Projections for St. Paul and several other Minnesota cities were prepared for House Minority Leader Matt Entenza, DFL-St. Paul. In a series of news conferences Wednesday, Entenza charged that Gov. Tim Pawlenty’s no-new-taxes policy is driving up local property taxes.
The forecast for St. Paul’s double-digit property tax increase takes into account increases in home values as well as the maximum tax levies set last month by local units of government. The levies can go down, but not up, when the city, county and school district set final levies in December.
The owner of a hypothetical low-value St.
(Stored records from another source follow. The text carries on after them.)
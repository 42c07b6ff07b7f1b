//! The search of an order for a group.
ghost use Rattle.std.specs.Prelude.{◌≡◌, ◌<◌, true, length, IfOk, IfErr, OnOk};
ghost use Rattle.fp_order.specs.Grid.{IsGrid, cells_of};
ghost use Rattle.fp_print.specs.Numbers.{AllHaveOnly};
ghost use Rattle.fp_outcome.specs.Shown.{ListsHaveOnly, IsShownFault};
ghost use Rattle.fp_fun.specs.Grids.{AreRowsBelow};

use crate::plan::Plan;
use fp_cells::goals_of;
use fp_declared::rewrite_rules;
use fp_group::{CallSite, Group, Head};
use fp_level::{Found, search};
use fp_measure::{MeasureSource, generate};
use fp_order::{Cell, Entry, Grid, Items as List, cells};
use fp_outcome::FunFault;
use fp_rewriting::RuleSet;
use fp_shapes::tuple_type;
use fp_simp::verdict;
use fp_term::{Items, Name, Term};
use fp_theory::Theory;
use std::alloc::{AllocError, Global};

// The most measures of a function.
const MOST_MEASURES: u32 = 6;

// The measures of what the function takes.

fn measures_of(
    alloc: Global,
    sources: &[Box<dyn MeasureSource + Send + Sync>],
    head: &Head,
) -> Result<Items<Term>, AllocError>
    ensures { IfOk result (AllHaveOnly 0) }
{
    if head.args.as_slice().is_empty() {
        return Err(AllocError);
    }
    let ty = tuple_type(alloc, head.args.as_slice())?;
    generate(alloc, sources, &ty, MOST_MEASURES)
}

#[tactic(auto, using(crate::proofs::Measured::one_more))]
fn all_measures(
    alloc: Global,
    sources: &[Box<dyn MeasureSource + Send + Sync>],
    heads: &[Head],
) -> Result<Items<Items<Term>>, AllocError>
    ensures { IfOk result ListsHaveOnly }
{
    let mut all = Items::new(alloc);
    for head in heads {
        all.push(measures_of(alloc, sources, head)?)?;
    }
    Ok(all)
}

// How many measures each function has.
fn counts_of(alloc: Global, measures: &[Items<Term>]) -> Result<List<u32>, AllocError> {
    let mut counts = List::new(alloc);
    for own in measures {
        let Ok(count) = u32::try_from(own.as_slice().len()) else {
            return Err(AllocError);
        };
        counts.push(count)?;
    }
    Ok(counts)
}

// Puts the site's row at the end. Want of memory where its functions aren't the group's.
#[tactic(auto, using(crate::proofs::Rows::pushed))]
fn add_row(rows: &mut List<(u32, u32)>, count: usize, site: &CallSite) -> Result<(), AllocError>
    requires { AreRowsBelow count rows.old }
    ensures { OnOk result (AreRowsBelow count rows.new) }
{
    if site.caller as usize >= count || site.callee as usize >= count {
        return Err(AllocError);
    }
    rows.push((site.caller, site.callee))
}

fn rows_of(alloc: Global, count: usize, sites: &[CallSite]) -> Result<List<(u32, u32)>, AllocError>
    ensures { IfOk result (AreRowsBelow count) }
{
    let mut rows = List::new(alloc);
    for site in sites {
        add_row(&mut rows, count, site)?;
    }
    Ok(rows)
}

fn grid_of(alloc: Global, measures: &[Items<Term>], sites: &[CallSite]) -> Result<Grid, AllocError>
    ensures { IfOk result IsGrid }
{
    let functions = counts_of(alloc, measures)?;
    let rows = rows_of(alloc, functions.as_slice().len(), sites)?;
    if rows.as_slice().len() > 4294967295 {
        return Err(AllocError);
    }
    Ok(Grid { functions, rows })
}

fn entry_of(
    alloc: Global,
    group: &Group,
    measures: &[Items<Term>],
    rules: &RuleSet,
    cell: Cell,
) -> Result<Entry, AllocError> {
    match goals_of(alloc, group, measures, cell)? {
        Some(data) => verdict(alloc, rules, &data),
        None => Err(AllocError),
    }
}

// The verdicts of the cells, in their order.
fn entries_of(
    alloc: Global,
    group: &Group,
    measures: &[Items<Term>],
    rules: &RuleSet,
    cells: &[Cell],
) -> Result<Vec<Entry>, AllocError>
    ensures { IfOk result (λ entries. length entries.items ≡ length cells.now) }
{
    let mut entries = Vec::new(alloc);
    for cell in cells {
        entries.push(entry_of(alloc, group, measures, rules, *cell)?)?;
    }
    Ok(entries)
}

// The order that is found, whether it decides all rows or not.
fn planned(
    alloc: Global,
    theory: &Theory,
    group: &Group,
    sources: &[Box<dyn MeasureSource + Send + Sync>],
) -> Result<Plan, AllocError>
    ensures { IfOk result (λ plan. ListsHaveOnly plan.measures) }
{
    let measures = all_measures(alloc, sources, group.heads.as_slice())?;
    let grid = grid_of(alloc, measures.as_slice(), group.sites.as_slice())?;
    let cells = cells(alloc, &grid)?;
    let rules = rewrite_rules(alloc, theory)?;
    let entries = entries_of(alloc, group, measures.as_slice(), &rules, cells.as_slice())?;
    let found = search(alloc, &grid, entries.as_slice())?;
    Ok(Plan {
        measures,
        grid,
        cells,
        entries,
        found,
    })
}

fn is_whole(found: &Found) -> bool {
    for position in found.decided.as_slice() {
        if position.is_none() {
            return false;
        }
    }
    true
}

// The entry of the cell.
fn entry_among(cells: &[Cell], entries: &[Entry], cell: Cell) -> Option<Entry> {
    for number in 0..cells.len() {
        if cells[number] == cell && number < entries.len() {
            return Some(entries[number]);
        }
    }
    None
}

// Puts the cells of a row at the end, by source and target.
fn add_left(plan: &Plan, row: u32, left: &mut Items<(Cell, Entry)>) -> Result<(), AllocError> {
    for source in 0..MOST_MEASURES {
        for target in 0..MOST_MEASURES {
            let cell = Cell {
                row,
                source,
                target,
            };
            match entry_among(plan.cells.as_slice(), plan.entries.as_slice(), cell) {
                Some(entry) => left.push((cell, entry))?,
                None => {}
            }
        }
    }
    Ok(())
}

// The cells of the rows left.
fn left_of(alloc: Global, plan: &Plan) -> Result<Items<(Cell, Entry)>, AllocError> {
    let mut left = Items::new(alloc);
    let decided = plan.found.decided.as_slice();
    for number in 0..decided.len() {
        if decided[number].is_none() {
            let Ok(row) = u32::try_from(number) else {
                return Err(AllocError);
            };
            add_left(plan, row, &mut left)?;
        }
    }
    Ok(left)
}

fn pairs_of(alloc: Global, grid: &Grid) -> Result<Items<(u32, u32)>, AllocError> {
    let mut rows = Items::new(alloc);
    for row in grid.rows.as_slice() {
        rows.push(*row)?;
    }
    Ok(rows)
}

fn function_names(alloc: Global, heads: &[Head]) -> Result<Items<Name>, AllocError> {
    let mut names = Items::new(alloc);
    for head in heads {
        names.push(head.name.copy()?)?;
    }
    Ok(names)
}

// The refusal of a plan that leaves rows.
fn no_order(alloc: Global, at: u32, group: &Group, plan: Plan) -> Result<FunFault, AllocError>
    requires { ListsHaveOnly plan.measures }
    ensures { IfOk result IsShownFault }
{
    let names = function_names(alloc, group.heads.as_slice())?;
    let left = left_of(alloc, &plan)?;
    let rows = pairs_of(alloc, &plan.grid)?;
    Ok(FunFault::NoOrder {
        at,
        names,
        measures: plan.measures,
        rows,
        found: plan.found,
        left,
    })
}

/// The order by which the group's functions end, or that there is none.
pub(crate) fn plan_of(
    alloc: Global,
    at: u32,
    theory: &Theory,
    group: &Group,
    sources: &[Box<dyn MeasureSource + Send + Sync>],
) -> Result<Plan, FunFault>
    ensures ok { IfOk result (λ plan. ListsHaveOnly plan.measures) }
    ensures err { IfErr result IsShownFault }
{
    let plan = planned(alloc, theory, group, sources)?;
    if is_whole(&plan.found) {
        Ok(plan)
    } else {
        Err(no_order(alloc, at, group, plan)?)
    }
}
Paul home — a property that had a taxable value of $108,000 last year and $122,000 this year — would face a 19.6 percent increase in the spring, according to the projection.
Taxes on a high-value home worth $367,000 would increase an estimated 15.7 percent.
Small increases in the value of commercial and industrial property in St. Paul lower the estimated overall increase in property taxes to 13.8 percent.
“There was no need for property taxes to go up by double-digit amounts,” Entenza said. “But a so-called no-new-taxes pledge, instead, is a raising-of-property-taxes pledge.
In response, Pawlenty spokesman Brian McClung said property tax increases are mostly the responsibility of local governments, not the Legislature and governor.
“The governor stands with taxpayers who are upset at local units of government that rely on property tax increases,” he said.
McClung challenged Entenza to support a property tax freeze or the mail-in tax challenges that Pawlenty unsuccessfully pushed the Legislature to approve as a means for taxpayers to demand a direct vote on big property tax increases.